Mike Ramsey doesn’t want a pat on the back, but he doesn’t think his crews have to play second fiddle to other municipal services, either. The Westmont, Ill., public works director has been in the profession since age 15, worked in every sector, and been at the helm for a number of emergencies.

“Every day you turn on your tap and out comes water,” he says. “We don’t get or need a thank you for that service, but we’re out here every day making sure our city runs smoothly.”

When he discovered the American Water Works Association’s (AWWA) pipe-tapping competition almost 20 years ago, he saw a way to elevate the profile of government employees who ensure communities have safe drinking water. His 10-employee Water Division maintains 90 miles of (mostly) cast iron main; 1,250 fire hydrants; 1,200 valves; and performs 40 tests every day.

AWWA’s competition pits four-operator teams against the clock as they open a cement-lined ductile iron pipe and install a tap. Teams that win at the local level via AWWA’s 43 sections move to the national competition held during the association’s convention in June.

The competition was getting much more attention in the South and East Coast than the Midwest and Rust Belt. Ramsey’s solution: the Great Lakes Cup, open to any state bordering lake Erie, Huron, Michigan, Ontario, and/or Superior.

“Midwest teams complained that they’d practice and practice at their state level and then just get killed by teams on the national level,” he says. “Now they can come together and compete at a level they never had an opportunity to before.” Ramsey said.

Since its inception in 2013, the Great Lakes Cup has seen massive growth. But Ramsey didn’t stop there. After taking the Westmont Crankers to the national finals in 2012, something happened that would forever change his competition focus.

From Dream to Reality

“I had this dream where I bridged the gap between tapping and Meter Madness [another AWWA competition],” Ramsey says. “It involved this competition with a hydrant and when I woke up I knew I had it. Every town has fire hydrants and most all public works employees work on them. It makes for an easy and accessible competition.”

In 2014 he launched Hydrant Hysteria, in which teams of two race to assemble a fire hydrant, with teams from the Illinois Section of the American Water Works Association. By 2017, 17 teams from 24 states were competing at AWWA’s annual convention in both the men’s and women’s divisions. Along the way, he garnered support from the nation’s largest fire hydrant producer: McWane Inc., which gives each team a free hydrant with which to practice. In 2017, the City of Bloomington (Minn.) Blue Birds emerged as national champion with a time of 1:33.60. He’s already gotten more than 17 registrations for next year’s competition.

Ramsey credits years of experience convincing city councils and mayors as key in getting his competitions approved.

“When I present a project, I’m not asking because it’s a personal project of mine, but because there’s value there,” Ramsey says.

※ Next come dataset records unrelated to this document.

impl<'a, S: Actions + Drop> Walk<'a, S> {
    /// Whether the ticks so far are not too many.
    pub fn has_few(&self) -> bool
        ensures { IsTrue result ↔ HasFew (state_of S.meaning self.now) }
    {
        self.low <= MOST_TICKS && self.high <= MOST_TICKS
    }

    /// Adds ticks.
    fn spend(&mut self, low: u64, high: u64)
        requires few { HasFew (state_of S.meaning self.old) }
        requires within { (low ≤ 20000000000) × (high ≤ 20000000000) }
        ensures { state_of S.meaning self.new ≡ spent low high (state_of S.meaning self.old) }
    {
        self.low += low;
        self.high += high;
    }

    /// Begins a turn of a loop.
    fn turn(&mut self, round: Round<'a>) -> Result<(), NoMemory>
        ensures { OnOk result (state_of S.meaning self.new
            ≡ turning round.entry.name.now round.entry.at round.entry.last (block_of round.entry.body.now) (state_of S.meaning self.old)) }
    {
        self.vars.push(round.name, round.at)?;
        self.frames.push(Frame::Turned(round))?;
        self.frames.push(Frame::Stmts(round.body.stmts.as_slice()))?;
        Ok(())
    }

    /// Ends a turn.
    fn end_turn(&mut self, costs: &Costs)
        requires { HasFew (state_of S.meaning self.old) }
        ensures { state_of S.meaning self.new ≡ turned_over costs.now (state_of S.meaning self.old) }
    {
        self.leaving = false;
        self.vars.pop();
        let ticks = u64::from(costs.turn);
        self.spend(ticks, ticks);
    }

    /// Ends the body of a passive operation: its `out` values are stored among the variables of the caller.
    fn give_back(
        &mut self,
        alloc: Global,
        op: &OpText,
        actuals: &[Expr],
        vars: Scope<'a>,
    ) -> Result<(), NoMemory>
        ensures { OnOk result (state_of S.meaning self.new
            ≡ given_back (operation_of op.now) (map expression_of actuals.now) vars.entry (state_of S.meaning self.old)) }
    {
        let params = op.sig.params.as_slice();
        let body = replace(&mut self.vars, vars);
        let values = handed_out(alloc, params, &body)?;
        store(&mut self.vars, params, actuals, values.as_slice());
        self.leaving = false;
        Ok(())
    }

    /// Begins the body of a passive operation.
    fn enter(
        &mut self,
        alloc: Global,
        costs: &Costs,
        op: &'a OpText,
        actuals: &'a [Expr],
    ) -> Result<(), NoMemory>
        requires { HasFew (state_of S.meaning self.old) }
        ensures { OnOk result (state_of S.meaning self.new ≡ entered_op costs.now (operation_of op.entry.now) (map expression_of actuals.entry.now)
            (state_of S.meaning self.old)) }
    {
        let mut vars = Scope::new(alloc);
        open_locals(&mut vars, op.locals.as_slice())?;
        open_params(&mut vars, op.sig.params.as_slice(), actuals, &self.vars)?;
        let vars = replace(&mut self.vars, vars);
        self.frames.push(Frame::Returned { op, actuals, vars })?;
        self.frames.push(Frame::Stmts(op.block.stmts.as_slice()))?;
        let ticks = u64::from(costs.call);
        self.spend(ticks, ticks);
        Ok(())
    }

    /// Prints a value, where the next action does. Else no action is taken.
    fn print(&mut self, costs: &Costs, value: u32) -> Result<bool, NoMemory>
        requires { HasFew (state_of S.meaning self.old) }
        ensures { IfOk result (λ on. moved on (state_of S.meaning self.new) ≡ printed costs.now value (state_of S.meaning self.old)) }
    {
        if !self.script.prints(value) {
            return Ok(false);
        }
        self.script.pass()?;
        let ticks = u64::from(costs.put);
        self.spend(ticks, ticks);
        Ok(true)
    }

    /// Requests a task, where the next action does. Else no action is taken.
    fn request(
        &mut self,
        costs: &Costs,
        object: &Name,
        op: &Name,
        actuals: &[Expr],
    ) -> Result<bool, NoMemory>
        requires { HasFew (state_of S.meaning self.old) }
        ensures { IfOk result (λ on. moved on (state_of S.meaning self.new)
            ≡ requested costs.now (record { object = object.now; op = op.now }) (map expression_of actuals.now) (state_of S.meaning self.old)) }
    {
        let value = asked(actuals, &self.vars);
        if !self.script.requests(object, op, value) {
            return Ok(false);
        }
        self.script.pass()?;
        let ticks = u64::from(costs.call) + 2 * u64::from(costs.assign);
        self.spend(ticks, ticks);
        Ok(true)
    }

    /// Leaves a protected operation, where the next action does, and stores the values that it hands out. Else no action is taken.
    fn leave_op(
        &mut self,
        costs: &Costs,
        object: &Name,
        op: &Name,
        params: &[Param],
        actuals: &[Expr],
    ) -> Result<bool, NoMemory>
        requires { HasFew (state_of S.meaning self.old) }
        ensures { IfOk result (λ on. moved on (state_of S.meaning self.new)
            ≡ left_by costs.now (record { object = object.now; op = op.now }) (length (out_names params.now))
            (targets params.now (map expression_of actuals.now)) (state_of S.meaning self.old).script (state_of S.meaning self.old)) }
    {
        let Some(results) = self.script.leaves(object, op) else {
            return Ok(false);
        };
        if results.len() != out_count(params) {
            return Ok(false);
        }
        store(&mut self.vars, params, actuals, results);
        self.script.pass()?;
        self.spend(u64::from(costs.call), u64::from(costs.call));
        Ok(true)
    }

    /// Passes a protected operation, where the next two actions do. Else the first of them that doesn't is not taken.
    fn pass(
        &mut self,
        costs: &Costs,
        object: &Name,
        op: &Name,
        params: &[Param],
        actuals: &[Expr],
    ) -> Result<bool, NoMemory>
        requires { HasFew (state_of S.meaning self.old) }
        ensures { IfOk result (λ on. moved on (state_of S.meaning self.new)
            ≡ passed costs.now (record { object = object.now; op = op.now }) params.now (map expression_of actuals.now)
            (state_of S.meaning self.old)) }
    {
        let Some(values) = self.script.enters(object, op) else {
            return Ok(false);
        };
        if !hands(params, actuals, &self.vars, values) {
            return Ok(false);
        }
        self.script.pass()?;
        self.leave_op(costs, object, op, params, actuals)
    }

    /// Makes a call, where the actions that come next let it.
    fn call<'c: 'a>(
        &mut self,
        alloc: Global,
        costs: &Costs,
        calls: &Calls<'c>,
        object: &Name,
        op: &Name,
        actuals: &'a [Expr],
    ) -> Result<bool, NoMemory>
        requires { HasFew (state_of S.meaning self.old) }
        ensures { IfOk result (λ on. moved on (state_of S.meaning self.new)
            ≡ called costs.now (record { object = object.now; op = op.now }) (calls_in calls.now object.now op.now)
            (map expression_of actuals.entry.now) (state_of S.meaning self.old)) }
    {
        match calls.find(object, op) {
            Some(Target::Plain(text)) => {
                self.enter(alloc, costs, text, actuals)?;
                Ok(true)
            }
            Some(Target::Protected(params)) => self.pass(costs, object, op, params, actuals),
            Some(Target::Asked) => self.request(costs, object, op, actuals),
            None => Ok(false),
        }
    }

    /// Begins a statement, where the actions that come next let it.
    fn begin<'c: 'a>(
        &mut self,
        alloc: Global,
        costs: &Costs,
        calls: &Calls<'c>,
        stmt: &'a Stmt,
    ) -> Result<bool, NoMemory>
        requires { HasFew (state_of S.meaning self.old) }
        ensures { IfOk result (λ on. moved on (state_of S.meaning self.new) ≡ begun costs.now (calls_in calls.now) (statement_of stmt.entry.now)
            (state_of S.meaning self.old)) }
    {
        match stmt {
            Stmt::Null => {
                let ticks = u64::from(costs.nothing);
                self.spend(ticks, ticks);
            }
            Stmt::Assign { target, value } => {
                let value = eval(value, &self.vars);
                self.vars.write(target, value);
                let ticks = u64::from(costs.assign);
                self.spend(ticks, ticks);
            }
            Stmt::If { arms, other } => {
                self.frames.push(Frame::Arms {
                    arms: arms.as_slice(),
                    other,
                })?;
            }
            Stmt::For {
                name,
                low,
                high,
                body,
            } => {
                if low <= high {
                    self.turn(Round {
                        name,
                        at: *low,
                        last: *high,
                        body,
                    })?;
                }
            }
            Stmt::ExitWhen(condition) => {
                self.leaving = eval(condition, &self.vars) == 1;
                let ticks = u64::from(costs.test);
                self.spend(ticks, ticks);
            }
            Stmt::Call {
                object,
                op,
                actuals,
            } => {
                return self.call(alloc, costs, calls, object, op, actuals.as_slice());
            }
            Stmt::Work(ticks) => self.spend(1, u64::from(*ticks)),
            Stmt::Put(value) => {
                let value = eval(value, &self.vars);
                return self.print(costs, value);
            }
        }
        Ok(true)
    }

    /// Takes a branch of an `if`, or passes an arm.
    fn branch(
        &mut self,
        costs: &Costs,
        arms: &'a [Arm],
        other: &'a Option<Block>,
    ) -> Result<(), NoMemory>
        requires { HasFew (state_of S.meaning self.old) }
        ensures { OnOk result (state_of S.meaning self.new
            ≡ branched costs.now (branches_of (map arm_of arms.entry.now) (otherwise (option_map block_of other.entry.now)))
            (state_of S.meaning self.old)) }
    {
        match arms.split_first() {
            Some((arm, rest)) => {
                if eval(&arm.cond, &self.vars) == 1 {
                    self.frames.push(Frame::Stmts(arm.block.stmts.as_slice()))?;
                } else {
                    self.frames.push(Frame::Arms { arms: rest, other })?;
                }
                let ticks = u64::from(costs.test);
                self.spend(ticks, ticks);
            }
            None => match other {
                Some(block) => self.frames.push(Frame::Stmts(block.stmts.as_slice()))?,
                None => {}
            },
        }
        Ok(())
    }

    /// Ends a turn, and begins the next one, where there is one.
    fn turn_on(&mut self, costs: &Costs, round: Round<'a>) -> Result<(), NoMemory>
        requires { HasFew (state_of S.meaning self.old) }
        ensures { OnOk result (state_of S.meaning self.new
            ≡ turned_on costs.now round.entry.name.now round.entry.at round.entry.last (block_of round.entry.body.now)
            (state_of S.meaning self.old)) }
    {
        self.end_turn(costs);
        if round.at < round.last {
            self.turn(Round {
                name: round.name,
                at: round.at + 1,
                last: round.last,
                body: round.body,
            })?;
        }
        Ok(())
    }

    /// Does what is to do, where no loop is being left.
    fn go_on<'c: 'a>(
        &mut self,
        alloc: Global,
        costs: &Costs,
        calls: &Calls<'c>,
        frame: Frame<'a>,
    ) -> Result<bool, NoMemory>
        requires { HasFew (state_of S.meaning self.old) }
        ensures { IfOk result (λ on. moved on (state_of S.meaning self.new)
            ≡ done costs.now (calls_in calls.now) (doing_of frame.entry) (state_of S.meaning self.old)) }
    {
        match frame {
            Frame::Stmts(stmts) => {
                let Some((first, rest)) = stmts.split_first() else {
                    return Ok(true);
                };
                self.frames.push(Frame::Stmts(rest))?;
                return self.begin(alloc, costs, calls, first);
            }
            Frame::Arms { arms, other } => self.branch(costs, arms, other)?,
            Frame::Turned(round) => self.turn_on(costs, round)?,
            Frame::Returned { op, actuals, vars } => self.give_back(alloc, op, actuals, vars)?,
        }
        Ok(true)
    }

    /// Passes over what is to do, where a loop is being left: it ends at the end of its turn, or of the body of an operation.
    fn pass_over(&mut self, alloc: Global, costs: &Costs, frame: Frame<'a>) -> Result<(), NoMemory>
        requires { HasFew (state_of S.meaning self.old) }
        ensures { OnOk result (state_of S.meaning self.new ≡ passed_over costs.now (doing_of frame.entry) (state_of S.meaning self.old)) }
    {
        match frame {
            Frame::Stmts(_) => {}
            Frame::Arms { .. } => {}
            Frame::Turned(_) => self.end_turn(costs),
            Frame::Returned { op, actuals, vars } => self.give_back(alloc, op, actuals, vars)?,
        }
        Ok(())
    }

    /// Makes a step, where the actions that come next let it: the innermost of what is to do, which is taken off.
    pub fn step<'c: 'a>(
        &mut self,
        alloc: Global,
        costs: &Costs,
        calls: &Calls<'c>,
        frame: Frame<'a>,
    ) -> Result<bool, NoMemory>
        requires { HasFew (state_of S.meaning self.old) }
        ensures { IfOk result (λ on. moved on (state_of S.meaning self.new)
            ≡ step costs.now (calls_in calls.now) (doing_of frame.entry) (state_of S.meaning self.old)) }
    {
        if self.leaving {
            self.pass_over(alloc, costs, frame)?;
            Ok(true)
        } else {
            self.go_on(alloc, costs, calls, frame)
        }
    }
}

Ramsey had another motive behind creating Hydrant Hysteria: promoting maintenance. Westmont annually checks and flushes hydrants, but that’s not always the case in other municipalities.

“They have to make a choice and doing any kind of maintenance is put on the back burner,” he says. “But when it comes to hydrants, people’s lives are at stake.”

Up Next

Now with a firm footing on the national competition scene, Ramsey has yet again turned his focus. In 2016 he made Illinois the fourth state to hold water tower building competitions. But instead of public works employees, the competitors are 6th through 8th graders.

“The kids loved it and it got them thinking about working in the public sector or becoming engineers,” he says. “I’m working with other states to make it national. Florida gives scholarships to the winners; because this project is about the future, my main goal is helping these kids get to college.”

Competitions aren’t the only interest for a man who’s dedicated his life to public service. The ingenuity that helped Ramsey cement two national competitions helped him develop a public works tool now used nationwide.

“Twenty to 25 years ago I was working on a main break where I had to close a couple valves. I took a valve key and popped open the lid to the valve box. As I was doing this, I was trying to hold a flashlight and adjust the key. After several attempts to close the valve, I dropped the flashlight. I was cold and frustrated but then the idea came to me: why hasn’t someone come up with a lighted valve key?”

Ramsey and a couple of his mechanics designed and produced the first such key, which won AWWA’s 2015 Gimmicks and Gadgets award in 2015. He decided not to pursue a patent, yet again not needing the credit.

“I wasn’t in it to make money; I was in it to make life easier for my crew and other municipalities. Some company will make a profit on it and that’s okay.”

Despite these achievements, Ramsey’s proudest of being an AWWA-certified water operator instructor.

“It’s fulfilling to mentor younger operators and see them grow from the start of the course to the finish,” he says. “I’m also learning from them, so it’s a give-and-take relationship.”

Ramsey’s made a name for himself over the last 30 years in Westmont and beyond. He doesn’t regret any of the late nights or hours of overtime he’s put in during that time.

“Public works is the reason I have a life and career,” he says. “It’s allowed me to meet amazing people. There are a lot of great people in this industry and I wouldn’t trade any of it for the world.”